Roberts refers to a NAMI handout showing stats including: “One in four adults experience a mental health disorder in a given year; one in 17 lives with a serious mental illness, such as schizophrenia, major depression or bipolar disorder (National Institute of Health); fewer than one-third of adults and one-half of children with a diagnosable mental disorder receive mental health services in a given year (U.S. Department of Health and Human Services).”

Lake Highlands parents Sandy and Morris Gregory also spent years and untold amounts of money trying to find help for their son, Jeff, who began abusing drugs in junior high school. It was after he went through treatment and began living clean and sober that symptoms of paranoid schizophrenia cropped up.

“We thought he was using drugs again,” she says. But it turned out that, all those years, the drugs had been masking a mental illness.

The Gregorys took their son, in his early 30s at the time, to a treatment center in Connecticut. It was there that a counselor told them about NAMI.

The person with the mental illness obviously needs help, but family members need help, too.

“They told us we needed support, and we did,” Sandy Gregory says. “We were not trained in how to deal with this. We went all the way to Connecticut to try to get Jeff help, but we found NAMI close to home, and it has changed our lives.”

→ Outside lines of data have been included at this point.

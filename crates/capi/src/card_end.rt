// The card for C, behind the functions of include/logwhisker.h: numbers, slices and references to arrays only. Assumes
// of a caller that pointers and lengths are right. It promises what the library's face does, with parts as numbers
// (specs/CardEndNumbers.antt).
ghost use Rattle.std.specs.Prelude.{◌≡◌};
ghost use Rattle.card.specs.Card.{open_transaction, seal_frame};
ghost use Rattle.card_send.specs.Parts.{shown_part};
ghost use Rattle.card_send.specs.Choices.{choice_of, chosen_part};
ghost use Rattle.card_words.specs.Words.{card_of};
ghost use Rattle.logwhisker.specs.Face.{
  card_opened,
  transaction_opened,
  message_added,
  frame_sealed,
  acks_read,
  frame_shown,
  next_chosen,
  LeftIfRefused,
};
ghost use Rattle.capi.specs.CardEndNumbers.{unless_refused, part_numbers, choice_numbers};

use logwhisker::{Chosen, FrameNo, TransNo, refusal_number};

// Opens a card: 0, or 13, or 26.
#[unsafe(no_mangle)]
pub extern "C" fn lw_raw_card_open(
    words: &mut [u64; 85],
    own: u16,
    peer: u16,
    limit: usize,
    slots: &[u8],
) -> u32
    ensures value { result ≡ (card_opened own peer limit slots.now).refusal }
    ensures words_after { card_of words.new ≡ (card_opened own peer limit slots.now).card }
{
    let opened = logwhisker::open_card(words, own, peer, limit, slots);
    u32::from(refusal_number(&opened))
}

// Opens a transaction: 0 and its number, or 20.
#[unsafe(no_mangle)]
pub extern "C" fn lw_raw_card_open_transaction(
    words: &mut [u64; 85],
    count: u16,
    address: u32,
    value: u32,
    transaction: &mut u32,
) -> u32
    ensures value { result ≡ (transaction_opened words.old count address value).refusal }
    ensures words_after { card_of words.new ≡ (transaction_opened words.old count address value).card }
    ensures transaction_after { transaction.new
        ≡ unless_refused (transaction_opened words.old count address value).refusal
        (open_transaction (card_of words.old) count address value).trans.0 transaction.old }
    ensures left_if_refused { LeftIfRefused result words.old words.new }
{
    let opened = logwhisker::open_transaction(words, count, address, value);
    if let Ok(trans) = opened {
        *transaction = trans.0;
    }
    u32::from(refusal_number(&opened))
}

// Adds a message to the frame being built.
#[unsafe(no_mangle)]
pub extern "C" fn lw_raw_card_add(
    words: &mut [u64; 85],
    slots: &mut [u8],
    transaction: u32,
    address: u32,
    payload: &[u8],
) -> u32
    ensures value { result
        ≡ (message_added words.old slots.old transaction address payload.now).refusal }
    ensures words_after { card_of words.new
        ≡ (message_added words.old slots.old transaction address payload.now).card }
    ensures slots_after { slots.new
        ≡ (message_added words.old slots.old transaction address payload.now).slots }
    ensures left_if_refused { LeftIfRefused result words.old words.new }
{
    let added = logwhisker::add_message(words, slots, TransNo(transaction), address, payload);
    u32::from(refusal_number(&added))
}

// Seals the frame being built: 0 and its number, or 26, or 24.
#[unsafe(no_mangle)]
pub extern "C" fn lw_raw_card_seal(words: &mut [u64; 85], slots: &[u8], number: &mut u16) -> u32
    ensures value { result ≡ (frame_sealed words.old slots.now).refusal }
    ensures words_after { card_of words.new ≡ (frame_sealed words.old slots.now).card }
    ensures number_after { number.new
        ≡ unless_refused (frame_sealed words.old slots.now).refusal
        (seal_frame (card_of words.old) slots.now).number.0 number.old }
    ensures left_if_refused { LeftIfRefused result words.old words.new }
{
    let sealed = logwhisker::seal_frame(words, slots);
    if let Ok(frame) = sealed {
        *number = frame.0;
    }
    u32::from(refusal_number(&sealed))
}

// Reads the acknowledgements of an arriving frame.
#[unsafe(no_mangle)]
pub extern "C" fn lw_raw_card_read(words: &mut [u64; 85], frame: &[u8]) -> u32
    ensures value { result ≡ (acks_read words.old frame.now).refusal }
    ensures words_after { card_of words.new ≡ (acks_read words.old frame.now).card }
    ensures left_if_refused { LeftIfRefused result words.old words.new }
{
    let read = logwhisker::read_acknowledgements(words, frame);
    u32::from(refusal_number(&read))
}

// Shows a held frame: where it lies in the slots, and how long it is.
#[unsafe(no_mangle)]
pub extern "C" fn lw_raw_card_show(
    words: &[u64; 85],
    slots: &[u8],
    number: u16,
    part: &mut [u64; 2],
) -> u32
    ensures value { result ≡ (frame_shown words.now slots.now number).refusal }
    ensures part_after { part.new
        ≡ part_numbers (shown_part words.now slots.now number).part }
{
    let shown = logwhisker::show_part(words, slots, FrameNo(number));
    *part = match shown {
        Ok(bounds) => [bounds.offset as u64, bounds.len as u64],
        Err(_) => [0, 0],
    };
    u32::from(refusal_number(&shown))
}

// From which buffer a choice is, where it lies there, and how long it is.
fn numbers_of(chosen: Chosen) -> [u64; 3]
    ensures { result ≡ choice_numbers (choice_of chosen) }
{
    match chosen {
        Chosen::Acknowledgement => [1, 0, wire::FRAME_HEADER as u64],
        Chosen::Frame(bounds) => [0, bounds.offset as u64, bounds.len as u64],
    }
}

// Chooses what goes out next: from which buffer (1 the lent acknowledgement, 0 the slots), where it lies there, and how
// long it is.
#[unsafe(no_mangle)]
pub extern "C" fn lw_raw_card_choose(
    words: &[u64; 85],
    slots: &[u8],
    ack: &[u8],
    part: &mut [u64; 3],
) -> u32
    ensures value { result ≡ (next_chosen words.now slots.now ack.now).refusal }
    ensures part_after { part.new
        ≡ choice_numbers (chosen_part words.now slots.now ack.now) }
{
    let chosen = logwhisker::choose_part(words, slots, ack);
    *part = match chosen {
        Ok(choice) => numbers_of(choice),
        Err(_) => [0, 0, 0],
    };
    u32::from(refusal_number(&chosen))
}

Roberts says NAMI exists to support the family as well as the “consumer” — the term used to describe the person being treated for mental illness.

“It is not in a family’s DNA to understand how to live with chronic illness,” Roberts says. “Our goal is to help people with serious mental illness, such as major depression, schizophrenia, bipolar disorder and posttraumatic stress disorder, and their loved ones, improve their lives.”

Jane Ojeda says that family members can receive help even when the mentally ill person isn’t ready to get help.

“I realize how lucky I am to have a son who is [in recovery],” she says. “Some of the other group members have loved ones in prison or on the streets because they aren’t willing to admit the illness.”

Not only is Tomas Ojeda working to recover today, he also is helping others — he co-facilitates one of the consumer support groups, speaks publicly about mental health issues, and serves on NAMI’s Board Members At-Large.

“He was once so ashamed,” his mom says, “but today he’ll tell anyone about what he’s been through. He’s the one out there helping others now.”

That’s the way it works, says Gregory, who regularly volunteers at NAMI these days.

“When we came in, we saw how other families wanted to help us. They knew what we were going through. Now, we have a chance to help. To me, that’s a blessing, a ministry. I have a strong faith that God uses us through our experiences to help others.”